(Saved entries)
....
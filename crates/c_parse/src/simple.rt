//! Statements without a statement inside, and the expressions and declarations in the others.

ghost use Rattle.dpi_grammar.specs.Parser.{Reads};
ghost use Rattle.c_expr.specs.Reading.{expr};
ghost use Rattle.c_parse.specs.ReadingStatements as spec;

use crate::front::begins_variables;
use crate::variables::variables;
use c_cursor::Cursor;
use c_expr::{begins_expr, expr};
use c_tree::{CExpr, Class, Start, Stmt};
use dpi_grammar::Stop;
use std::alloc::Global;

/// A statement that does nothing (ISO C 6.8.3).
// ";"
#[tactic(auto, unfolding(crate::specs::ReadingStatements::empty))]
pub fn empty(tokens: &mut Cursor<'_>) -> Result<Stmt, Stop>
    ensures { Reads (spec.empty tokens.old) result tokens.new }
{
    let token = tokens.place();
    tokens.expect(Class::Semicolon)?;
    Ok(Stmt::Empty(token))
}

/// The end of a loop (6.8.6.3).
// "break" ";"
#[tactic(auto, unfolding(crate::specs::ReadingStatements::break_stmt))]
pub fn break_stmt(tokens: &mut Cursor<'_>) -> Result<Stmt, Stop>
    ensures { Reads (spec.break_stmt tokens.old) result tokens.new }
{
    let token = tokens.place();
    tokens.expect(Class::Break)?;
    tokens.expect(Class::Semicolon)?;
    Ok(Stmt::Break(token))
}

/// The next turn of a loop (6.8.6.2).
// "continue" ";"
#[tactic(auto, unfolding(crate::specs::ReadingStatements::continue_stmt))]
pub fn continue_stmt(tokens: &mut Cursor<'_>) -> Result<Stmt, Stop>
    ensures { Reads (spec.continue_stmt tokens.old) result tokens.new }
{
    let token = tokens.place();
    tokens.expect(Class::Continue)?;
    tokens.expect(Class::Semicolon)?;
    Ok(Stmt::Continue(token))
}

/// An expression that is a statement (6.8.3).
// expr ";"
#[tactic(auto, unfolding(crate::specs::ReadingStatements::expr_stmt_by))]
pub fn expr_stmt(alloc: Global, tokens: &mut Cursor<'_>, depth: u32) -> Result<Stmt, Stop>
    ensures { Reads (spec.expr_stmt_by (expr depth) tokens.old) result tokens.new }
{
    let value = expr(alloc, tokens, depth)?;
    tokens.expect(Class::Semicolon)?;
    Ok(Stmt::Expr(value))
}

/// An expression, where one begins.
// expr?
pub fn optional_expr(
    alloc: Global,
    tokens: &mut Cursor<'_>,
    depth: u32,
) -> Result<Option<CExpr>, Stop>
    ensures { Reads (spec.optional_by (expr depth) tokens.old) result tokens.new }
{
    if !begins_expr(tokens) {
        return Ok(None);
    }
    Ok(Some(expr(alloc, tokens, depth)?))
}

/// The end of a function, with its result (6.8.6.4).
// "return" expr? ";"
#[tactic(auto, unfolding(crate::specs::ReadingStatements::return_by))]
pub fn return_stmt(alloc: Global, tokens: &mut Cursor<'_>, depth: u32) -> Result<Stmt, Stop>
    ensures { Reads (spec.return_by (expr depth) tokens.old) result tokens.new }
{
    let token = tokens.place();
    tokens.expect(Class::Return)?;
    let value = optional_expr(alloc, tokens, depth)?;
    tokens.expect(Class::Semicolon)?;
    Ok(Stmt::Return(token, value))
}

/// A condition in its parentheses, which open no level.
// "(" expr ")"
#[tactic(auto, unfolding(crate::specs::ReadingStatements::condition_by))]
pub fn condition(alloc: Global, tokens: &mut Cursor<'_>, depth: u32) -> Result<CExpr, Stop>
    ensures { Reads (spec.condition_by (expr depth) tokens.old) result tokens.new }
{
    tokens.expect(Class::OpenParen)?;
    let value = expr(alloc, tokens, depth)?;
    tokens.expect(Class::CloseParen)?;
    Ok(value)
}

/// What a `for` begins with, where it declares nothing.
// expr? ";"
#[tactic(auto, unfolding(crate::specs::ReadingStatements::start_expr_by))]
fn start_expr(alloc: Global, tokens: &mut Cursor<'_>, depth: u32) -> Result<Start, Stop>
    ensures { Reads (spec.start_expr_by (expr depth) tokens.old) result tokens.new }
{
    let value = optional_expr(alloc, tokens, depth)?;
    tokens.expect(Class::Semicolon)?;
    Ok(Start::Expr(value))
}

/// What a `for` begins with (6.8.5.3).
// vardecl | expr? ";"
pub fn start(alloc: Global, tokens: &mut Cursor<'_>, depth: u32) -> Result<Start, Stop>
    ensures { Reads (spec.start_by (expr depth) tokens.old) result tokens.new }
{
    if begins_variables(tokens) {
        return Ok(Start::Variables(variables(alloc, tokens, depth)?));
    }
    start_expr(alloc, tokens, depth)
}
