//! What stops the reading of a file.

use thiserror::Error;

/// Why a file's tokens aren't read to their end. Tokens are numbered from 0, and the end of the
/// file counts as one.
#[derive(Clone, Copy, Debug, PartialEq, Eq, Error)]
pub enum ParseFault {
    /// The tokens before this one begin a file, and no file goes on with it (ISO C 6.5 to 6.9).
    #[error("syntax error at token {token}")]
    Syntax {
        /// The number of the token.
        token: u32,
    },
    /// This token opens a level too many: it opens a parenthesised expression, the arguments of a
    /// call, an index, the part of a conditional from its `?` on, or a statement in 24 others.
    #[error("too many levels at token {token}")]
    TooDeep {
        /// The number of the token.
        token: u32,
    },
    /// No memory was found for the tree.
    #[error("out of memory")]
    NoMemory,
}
....
ACTIVITY: Preserving every character, copy the records above out again.

ANSWER AREA:
filename crates/c_parse/src/simple.rt
//! Statements without a statement inside, and the expressions and declarations in the others.

ghost use Rattle.dpi_grammar.specs.Parser.{Reads};
ghost use Rattle.c_expr.specs.Reading.{expr};
ghost use Rattle.c_parse.specs.ReadingStatements as spec;

use crate::front::begins_variables;
use crate::variables::variables;
use c_cursor::Cursor;
use c_expr::{begins_expr, expr};
use c_tree::{CExpr, Class, Start, Stmt};
use dpi_grammar::Stop;
use std::alloc::Global;

/// A statement that does nothing (ISO C 6.8.3).
// ";"
#[tactic(auto, unfolding(crate::specs::ReadingStatements::empty))]
pub fn empty(tokens: &mut Cursor<'_>) -> Result<Stmt, Stop>
    ensures { Reads (spec.empty tokens.old) result tokens.new }
{
    let token = tokens.place();
    tokens.expect(Class::Semicolon)?;
    Ok(Stmt::Empty(token))
}

/// The end of a loop (6.8.6.3).
// "break" ";"
#[tactic(auto, unfolding(crate::specs::ReadingStatements::break_stmt))]
pub fn break_stmt(tokens: &mut Cursor<'_>) -> Result<Stmt, Stop>
    ensures { Reads (spec.break_stmt tokens.old) result tokens.new }
{
    let token = tokens.place();
    tokens.expect(Class::Break)?;
    tokens.expect(Class::Semicolon)?;
    Ok(Stmt::Break(token))
}

/// The next turn of a loop (6.8.6.2).
// "continue" ";"
#[tactic(auto, unfolding(crate::specs::ReadingStatements::continue_stmt))]
pub fn continue_stmt(tokens: &mut Cursor<'_>) -> Result<Stmt, Stop>
    ensures { Reads (spec.continue_stmt tokens.old) result tokens.new }
{
    let token = tokens.place();
    tokens.expect(Class::Continue)?;
    tokens.expect(Class::Semicolon)?;
    Ok(Stmt::Continue(token))
}

/// An expression that is a statement (6.8.3).
// expr ";"
#[tactic(auto, unfolding(crate::specs::ReadingStatements::expr_stmt_by))]
pub fn expr_stmt(alloc: Global, tokens: &mut Cursor<'_>, depth: u32) -> Result<Stmt, Stop>
    ensures { Reads (spec.expr_stmt_by (expr depth) tokens.old) result tokens.new }
{
    let value = expr(alloc, tokens, depth)?;
    tokens.expect(Class::Semicolon)?;
    Ok(Stmt::Expr(value))
}

/// An expression, where one begins.
// expr?
pub fn optional_expr(
    alloc: Global,
    tokens: &mut Cursor<'_>,
    depth: u32,
) -> Result<Option<CExpr>, Stop>
    ensures { Reads (spec.optional_by (expr depth) tokens.old) result tokens.new }
{
    if !begins_expr(tokens) {
        return Ok(None);
    }
    Ok(Some(expr(alloc, tokens, depth)?))
}

/// The end of a function, with its result (6.8.6.4).
// "return" expr? ";"
#[tactic(auto, unfolding(crate::specs::ReadingStatements::return_by))]
pub fn return_stmt(alloc: Global, tokens: &mut Cursor<'_>, depth: u32) -> Result<Stmt, Stop>
    ensures { Reads (spec.return_by (expr depth) tokens.old) result tokens.new }
{
    let token = tokens.place();
    tokens.expect(Class::Return)?;
    let value = optional_expr(alloc, tokens, depth)?;
    tokens.expect(Class::Semicolon)?;
    Ok(Stmt::Return(token, value))
}

/// A condition in its parentheses, which open no level.
// "(" expr ")"
#[tactic(auto, unfolding(crate::specs::ReadingStatements::condition_by))]
pub fn condition(alloc: Global, tokens: &mut Cursor<'_>, depth: u32) -> Result<CExpr, Stop>
    ensures { Reads (spec.condition_by (expr depth) tokens.old) result tokens.new }
{
    tokens.expect(Class::OpenParen)?;
    let value = expr(alloc, tokens, depth)?;
    tokens.expect(Class::CloseParen)?;
    Ok(value)
}

/// What a `for` begins with, where it declares nothing.
// expr? ";"
#[tactic(auto, unfolding(crate::specs::ReadingStatements::start_expr_by))]
fn start_expr(alloc: Global, tokens: &mut Cursor<'_>, depth: u32) -> Result<Start, Stop>
    ensures { Reads (spec.start_expr_by (expr depth) tokens.old) result tokens.new }
{
    let value = optional_expr(alloc, tokens, depth)?;
    tokens.expect(Class::Semicolon)?;
    Ok(Start::Expr(value))
}

/// What a `for` begins with (6.8.5.3).
// vardecl | expr? ";"
pub fn start(alloc: Global, tokens: &mut Cursor<'_>, depth: u32) -> Result<Start, Stop>
    ensures { Reads (spec.start_by (expr depth) tokens.old) result tokens.new }
{
    if begins_variables(tokens) {
        return Ok(Start::Variables(variables(alloc, tokens, depth)?));
    }
    start_expr(alloc, tokens, depth)
}
//! What stops the reading of a file.

use thiserror::Error;

/// Why a file's tokens aren't read to their end. Tokens are numbered from 0, and the end of the
/// file counts as one.
#[derive(Clone, Copy, Debug, PartialEq, Eq, Error)]
pub enum ParseFault {
    /// The tokens before this one begin a file, and no file goes on with it (ISO C 6.5 to 6.9).
    #[error("syntax error at token {token}")]
    Syntax {
        /// The number of the token.
        token: u32,
    },
    /// This token opens a level too many: it opens a parenthesised expression, the arguments of a
    /// call, an index, the part of a conditional from its `?` on, or a statement in 24 others.
    #[error("too many levels at token {token}")]
    TooDeep {
        /// The number of the token.
        token: u32,
    },
    /// No memory was found for the tree.
    #[error("out of memory")]
    NoMemory,
}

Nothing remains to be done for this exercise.